In recent years, the principle of safety by design has taken root in cybersecurity. Rather than writing code with vulnerabilities and then searching for them, either by hand or through automated mitigation solutions, it is much better to use languages which simply lack the vocabulary to define those bugs in the first place. A large majority of existing vulnerabilities can be eliminated simply by switching to more modern languages like Rust, as opposed to various decades-old C variants.
Just as these changes gain momentum in the traditional software world, however, the concurrent rise of AI is thoroughly undermining that principle. LLMs with sufficient permissions can inherently produce undefined behavior. In some cases, these vulnerabilities can be solved via prompt context, verification by other LLMs, or perhaps hard-coded responses to specific failure cases. While sometimes these systems might be considered safe enough for practical use, due to the architecture of transformers, their failure modes can never be fully modeled. LLM safety means safety by statistics, rather than by design.
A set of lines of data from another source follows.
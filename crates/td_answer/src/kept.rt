//! The worst delay of the pairs that keep conditions.

ghost use Rattle.std.specs.Prelude.{◌≡◌, ◌+◌, ◌≤◌, ◌∷◌, ◌++◌, [], ℕ, true, List, length, is_some, option_map, Some, None as Nothing, IfOk, IfErr, IfSome};
ghost use Rattle.td_circuit.specs.Numbering.{setting};
ghost use Rattle.td_refute.specs.Kept.{IsTimedAmong};
ghost use Rattle.td_certificate.specs.Accepts.{are_fit};
ghost use Rattle.td_certificate.specs.Lengths.{HaveFew};
ghost use Rattle.td_certificate.specs.Spelling.{AreConditions, AreTerms};
ghost use Rattle.td_reading.specs.declared.reading.Reading.{Reading as Read};
ghost use Rattle.td_question.specs.Asking.{IsAsked, IsAskedKeeping, keep_quotes};
ghost use Rattle.td_question.specs.Keeping.{AreConditions as AreConditionsOf};
ghost use Rattle.td_source.specs.Reads.{AreOutputsOf};
ghost use Rattle.td_worst.specs.Kept.{asking_by, certificate_with, claim_of, IsKeptAnswer};
ghost use Rattle.td_worst.specs.Supports.{IsSupportAmong};
ghost use Rattle.td_lines.specs.declared.line.Line.TheVariants as line;
ghost use Rattle.td_lines.specs.declared.line.Line.{Line as Printed};
ghost use Rattle.td_answer.specs.Answered.{PrintsKept, kept_lines};
ghost use Rattle.td_answer.specs.Heads.{head_lines};
ghost use Rattle.td_answer.specs.Lines.{exact_lines, between_lines, at_most_lines, whole_lines};
ghost use Rattle.td_answer.specs.Runs.{RunsPair, TellsPair};
ghost use Rattle.td_answer.specs.Dumps.{IsDumpWhere};
ghost use Rattle.td_answer.specs.Additions.{AddsLines};
ghost use Rattle.td_answer.specs.Kept.{IsTrueKept, IsCertifiedAmong};
ghost use Rattle.td_answer.specs.KeptTerms.{kept_terms};
ghost use Rattle.td_answer.specs.OpenCertificates.{IsWantedCertificate};
ghost use Rattle.td_answer.specs.Requirements.{ending_by};
ghost use Rattle.td_answer.specs.Searches.{IsRefusedSearch};
ghost use Rattle.td_answer.specs.Writing.{CanBeWritten};
ghost use Rattle.td_answer.specs.declared.status.Status.TheVariants as status;

use crate::answers::{Figures, cause_line, push_between, push_end, push_exact};
use crate::beside::push_run;
use crate::ended::Ended;
use crate::head::begun;
use crate::joined::push_none;
use crate::kept_certificate::{Told, kept_certificate};
use crate::open_certificate::{Open, open_certificate};
use crate::outcome::Outcome;
use crate::refusal::Refusal;
use crate::requirement::ending_by;
use crate::status::Status;
use crate::worst::{dump_of, limits_of};
use std::alloc::{AllocError, Global};
use std::sync::Wait;
use std::thread::Threads;
use td_certificate::{Claim, Tree};
use td_circuit::Circuit;
use td_domain::Admit;
use td_lead::Timed;
use td_lines::{Cause, Line};
use td_question::Asked;
use td_reading::Reading;
use td_request::Search;
use td_stop::Stop;
use td_worst::{KeptAnswer, KeptQuestion, Support};

// The outcome of an exact answer.
fn exact(
    alloc: Global,
    circuit: Circuit,
    admit: Admit,
    told: Told,
    best: Timed,
    tree: Tree,
    ended: Ended<'_, '_>,
) -> Result<Outcome, AllocError>
    requires flips { admit.flips ≤ length admit.held }
    requires first_fits { length best.pair.first ≡ length circuit.netlist.inputs }
    requires second_fits { length best.pair.second ≡ length circuit.netlist.inputs }
    ensures report { IfOk result (λ outcome. AddsLines (TellsPair ended.entry.search.now.shown (setting circuit) best.pair)
        (head_lines circuit.netlist ++ exact_lines ended.entry best.time best.pair (length tree)) outcome.report) }
    ensures certificate { IfOk result (λ outcome. outcome.certificate ≡ Some (certificate_with (setting circuit) admit (kept_terms told) (Some (claim_of best)) tree)) }
    ensures told { IfOk result (λ outcome. AreConditions told.keep.items → AreTerms (Some (kept_terms told))) }
    ensures few { IfOk result (λ outcome. length told.keep.items ≤ 5000 → HaveFew (Some (kept_terms told))) }
    ensures dumped { IfOk result (λ outcome. IsDumpWhere (is_some ended.entry.search.now.dump) (setting circuit) (RunsPair (setting circuit) best.pair) outcome.dump) }
    ensures status { IfOk result (λ outcome. outcome.status ≡ ending_by ended.entry.search.now.required status.Done best.time best.time) }
{
    let search = ended.search;
    let Timed { pair, time } = best;
    let mut report = begun(alloc, &circuit)?;
    push_exact(alloc, &mut report, ended, time, &pair, &tree)?;
    push_run(alloc, &mut report, &circuit, &pair, search.shown)?;
    let shown = pair.copy(alloc)?;
    let claim = Claim {
        time,
        high: time,
        pair,
    };
    let certificate = kept_certificate(alloc, &circuit, admit, told, Some(claim), tree)?;
    let dump = dump_of(alloc, circuit, &shown, search.dump.is_some())?;
    Ok(Outcome {
        report,
        certificate: Some(certificate),
        dump,
        status: ending_by(search.required, Status::Done, time, time),
        verdict: None,
    })
}

// The outcome of an answer with a pair that leaves the worst delay open.
fn between(
    alloc: Global,
    circuit: Circuit,
    admit: Admit,
    told: Told,
    known: Open,
    why: Cause,
    ended: Ended<'_, '_>,
) -> Result<Outcome, AllocError>
    requires held { length admit.held ≡ length circuit.netlist.inputs }
    requires flips { admit.flips ≤ length admit.held }
    requires fit { are_fit (2 + length circuit.netlist.inputs + length circuit.netlist.gates) told.keep.items ≡ true }
    requires first_fits { length known.best.pair.first ≡ length circuit.netlist.inputs }
    requires second_fits { length known.best.pair.second ≡ length circuit.netlist.inputs }
    requires timed { IsTimedAmong (setting circuit) (asking_by admit told.keep.items) known.best }
    requires ordered { known.best.time ≤ known.high }
    requires shown { IsSupportAmong (setting circuit) (asking_by admit told.keep.items) known.support }
    ensures report { IfOk result (λ outcome. AddsLines (TellsPair ended.entry.search.now.shown (setting circuit) known.best.pair)
        (head_lines circuit.netlist ++ between_lines ended.entry known.best.time known.high why known.best.pair 0) outcome.report) }
    ensures certificate { IfOk result (λ outcome. IfSome outcome.certificate (IsWantedCertificate ended.entry.search.now (setting circuit) admit told known.best known.high)) }
    ensures dumped { IfOk result (λ outcome. IsDumpWhere (is_some ended.entry.search.now.dump) (setting circuit) (RunsPair (setting circuit) known.best.pair) outcome.dump) }
    ensures status { IfOk result (λ outcome. outcome.status ≡ ending_by ended.entry.search.now.required status.Between known.best.time known.high) }
{
    let search = ended.search;
    let figures = Figures {
        low: known.best.time,
        high: known.high,
        cause: why,
    };
    let mut report = begun(alloc, &circuit)?;
    let pair = &known.best.pair;
    push_between(alloc, &mut report, ended, figures, pair, 0)?;
    push_run(alloc, &mut report, &circuit, pair, search.shown)?;
    let pair = pair.copy(alloc)?;
    let Figures { low, high, .. } = figures;
    let certificate = open_certificate(alloc, &circuit, admit, told, known, search);
    let dump = dump_of(alloc, circuit, &pair, search.dump.is_some())?;
    Ok(Outcome {
        report,
        certificate,
        dump,
        status: ending_by(search.required, Status::Between, low, high),
        verdict: None,
    })
}

// The outcome of an answer that knows no pair.
fn at_most(
    alloc: Global,
    circuit: &Circuit,
    high: u64,
    why: Cause,
    ended: Ended<'_, '_>,
) -> Result<Outcome, AllocError>
    ensures report { IfOk result (λ outcome. outcome.report ≡ head_lines circuit.now.netlist ++ at_most_lines ended.entry high why) }
    ensures certificate { IfOk result (λ outcome. outcome.certificate ≡ Nothing) }
    ensures dumped { IfOk result (λ outcome. outcome.dump ≡ Nothing) }
    ensures status { IfOk result (λ outcome. outcome.status ≡ ending_by ended.entry.search.now.required status.Between 0 high) }
{
    let mut report = begun(alloc, circuit)?;
    report.add(Line::AtMost(high))?;
    report.add(cause_line(ended, 0, high, why))?;
    push_end(&mut report, ended, 0, high)?;
    Ok(Outcome {
        report,
        certificate: None,
        dump: None,
        status: ending_by(ended.search.required, Status::Between, 0, high),
        verdict: None,
    })
}

// The outcome of the answer that there is no such pair.
fn none(
    alloc: Global,
    circuit: &Circuit,
    admit: Admit,
    told: Told,
    tree: Tree,
) -> Result<Outcome, AllocError>
    requires flips { admit.flips ≤ length admit.held }
    ensures report { IfOk result (λ outcome. outcome.report ≡ head_lines circuit.now.netlist ++ line.NoPair ∷ line.Nodes (length tree) ∷ []) }
    ensures certificate { IfOk result (λ outcome. outcome.certificate ≡ Some (certificate_with (setting circuit.now) admit (kept_terms told) Nothing tree)) }
    ensures told { IfOk result (λ outcome. AreConditions told.keep.items → AreTerms (Some (kept_terms told))) }
    ensures few { IfOk result (λ outcome. length told.keep.items ≤ 5000 → HaveFew (Some (kept_terms told))) }
    ensures dumped { IfOk result (λ outcome. outcome.dump ≡ Nothing) }
    ensures status { IfOk result (λ outcome. outcome.status ≡ status.Refused) }
{
    let mut report = begun(alloc, circuit)?;
    push_none(&mut report, true, &tree)?;
    let certificate = kept_certificate(alloc, circuit, admit, told, None, tree)?;
    Ok(Outcome {
        report,
        certificate: Some(certificate),
        dump: None,
        status: Status::Refused,
        verdict: None,
    })
}

// The outcome of an answer, which is true of these pairs.
fn outcome_of(
    alloc: Global,
    circuit: Circuit,
    admit: Admit,
    told: Told,
    answer: KeptAnswer,
    ended: Ended<'_, '_>,
) -> Result<Outcome, AllocError>
    requires held { length admit.held ≡ length circuit.netlist.inputs }
    requires flips { admit.flips ≤ length admit.held }
    requires fit { are_fit (2 + length circuit.netlist.inputs + length circuit.netlist.gates) told.keep.items ≡ true }
    requires answer { IsKeptAnswer (setting circuit) (record { admit = admit; keep = told.keep.items }) answer }
    ensures says { IfOk result (λ outcome. (text : List ℕ) (reading : Read) → IsAskedKeeping text reading ended.entry.search.now.question (setting circuit) (record { admit = admit; keep = told.keep.items })
        → IsTrueKept text reading ended.entry.search.now outcome) }
    ensures certified { IfOk result (λ outcome. (text : List ℕ) (reading : Read) → IsAskedKeeping text reading ended.entry.search.now.question (setting circuit) (record { admit = admit; keep = told.keep.items })
        → AreOutputsOf text reading (option_map (λ numbers. numbers.items) told.outputs) → told.default ≡ reading.default
        → IsCertifiedAmong text reading ended.entry.search.now outcome.report outcome.certificate) }
    ensures written { IfOk result CanBeWritten }
    ensures printed { IfOk result (λ outcome. (more : List Printed) × (outcome.report ≡ (head_lines circuit.netlist ++ kept_lines ended.entry answer) ++ more)) }
{
    // For the prover: the circuit's numbering.
    let _gates = circuit.gates();
    match answer {
        KeptAnswer::Exact { best, tree } => {
            let closed = exact(alloc, circuit, admit, told, best, tree, ended)?;
            Ok(closed)
        }
        KeptAnswer::Between {
            best,
            high,
            cause,
            refuted,
        } => {
            let support = Support::by_steps(refuted);
            let known = Open {
                best,
                high,
                support,
            };
            let why = ended.cause(cause, 0);
            let lying = between(alloc, circuit, admit, told, known, why, ended)?;
            Ok(lying)
        }
        KeptAnswer::Open { high, cause } => {
            let why = ended.cause(cause, 0);
            let bounded = at_most(alloc, &circuit, high, why, ended)?;
            Ok(bounded)
        }
        KeptAnswer::NoPair { tree } => {
            let empty = none(alloc, &circuit, admit, told, tree)?;
            Ok(empty)
        }
    }
}

/// The search for the worst delay of the pairs that keep the conditions that are asked for.
pub(crate) fn worst_kept<'n, 'w, R: Threads + Wait + Sync>(
    rt: &R,
    alloc: Global,
    asked: Asked,
    text: &[u8],
    reading: &Reading<'_>,
    search: &Search<'w>,
    stop: &Stop,
) -> Result<Outcome, Refusal<'n, 'w>>
    requires asked { IsAsked text.now reading.now search.now.question (setting asked.circuit) asked.admit }
    requires outputs { AreOutputsOf text.now reading.now (option_map (λ numbers. numbers.items) asked.outputs) }
    requires keep { AreConditionsOf asked.circuit.netlist (keep_quotes search.now.question) asked.keep.items }
    ensures says { IfOk result (IsTrueKept text.now reading.now search.now) }
    ensures certified { IfOk result (λ outcome. IsCertifiedAmong text.now reading.now search.now outcome.report outcome.certificate) }
    ensures written { IfOk result CanBeWritten }
    ensures printed { IfOk result (PrintsKept stop.now.can_be_set text.now reading.now search.now) }
    ensures refusal { IfErr result (IsRefusedSearch text.now reading.now search.now) }
{
    let Asked {
        circuit,
        admit,
        outputs,
        keep,
        ..
    } = asked;
    let question = KeptQuestion {
        circuit: &circuit,
        admit: &admit,
        keep: &keep,
        required: search.required,
    };
    let limits = limits_of(&search.effort, stop);
    let found = td_worst::worst_kept(rt, alloc, question, limits)?;
    let ended = Ended {
        search,
        was_asked: stop.was_asked(),
        work: found.work,
    };
    let told = Told {
        default: reading.default,
        outputs,
        keep,
    };
    let outcome = outcome_of(alloc, circuit, admit, told, found.answer, ended)?;
    Ok(outcome)
}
Although these dangers were already well known, they were demonstrated for the first time in June with the disclosure of EchoLeak. For some background, Microsoft’s rollout of Copilot was controversial from the beginning due to its broad and not entirely transparent default permissions, which most notably included periodic searchable screenshots on Copilot+ PCs. Among many other features, it also automatically scans users’ email inboxes, allowing it to summarize long threads.
Thus, EchoLeak requires the attacker only to send an email to the target, who does not even need to open it or click on anything – making it a “zero-click” vulnerability, one of the highest forms of the art. The email contains malicious instructions, weaponing the LLM against itself to help the attackers search for the most sensitive information in its context window before it exfiltrates it, bypassing several of these non-deterministic filters in the process. The bug was apparently never used in the wild, and the specific vulnerability has since been patched, however the implications for similar attacks are far-reaching.
EchoLeak makes use of prompt injection, in which a user convinces a model to ignore the instructions provided by the system. The well-known instruction to “ignore all previous instructions” is the simplest example of this class of attack. The difficulty in defending against prompt injections is that no input sanitation currently exists for LLM inputs. Unlike databases, which can take measures to ensure that the engine reads inputs like “drop table” as a true input rather than a control command, LLMs analyze all text on an equal basis, potentially leading to confusion within the model, which can be exploited by an attacker.
In fact, comprehensive solutions may be developed for prompt sanitation relatively soon. A January paper by several German researchers translates hard system prompts into what could be called a secret language. AI systems in general compress massive amounts of data, leading to collisions in their embedding of features, so text which appears as gibberish to a human can carry meaning for AI. Because we cannot trace the individual paths of all neurons within the brain simultaneously, human intelligence lacks this unintended feature, akin to seeing a specific screen of static and receiving an intended meaning, but it has been documented in diverse forms of neural nets.
With a solution like this one, a model would not confuse a malicious user instruction it receives in English with the hard prompt, which from its perspective might manifest as something more like a telepathic signal. It is still debatable whether a solution along these lines could ever be called “security by design,” considering that it is still based on a black-box LLM, but it does move systems incrementally closer toward that ideal.
Supposing that solution was perfected and expanded, space for attacks like EchoLeak would be narrowed considerably, yet that specific bug just marks a first attempt. The entire universe of LLM vulnerabilities is still an unbounded space. Prompt Injection is just one of the 2025 OWASP top 10 for LLMs, a list put together by the Open Web Application Security Project to categorize various classes of vulnerabilities across a wide range of security topics. It is probably the most important attack method on that list, but there are many others. Excessive Agency is likely to become a large and multifaceted problem over the next couple of years with the growth of agentic AI.
Going forward, the integration of AI systems will look less like cybersecurity, and more like an employee onboarding process. It will be prudent not to put them in charge of sensitive systems on their first day, but impossible to avoid trusting them at all, without missing out on the greatest technological revolution at least since the advent of the internet.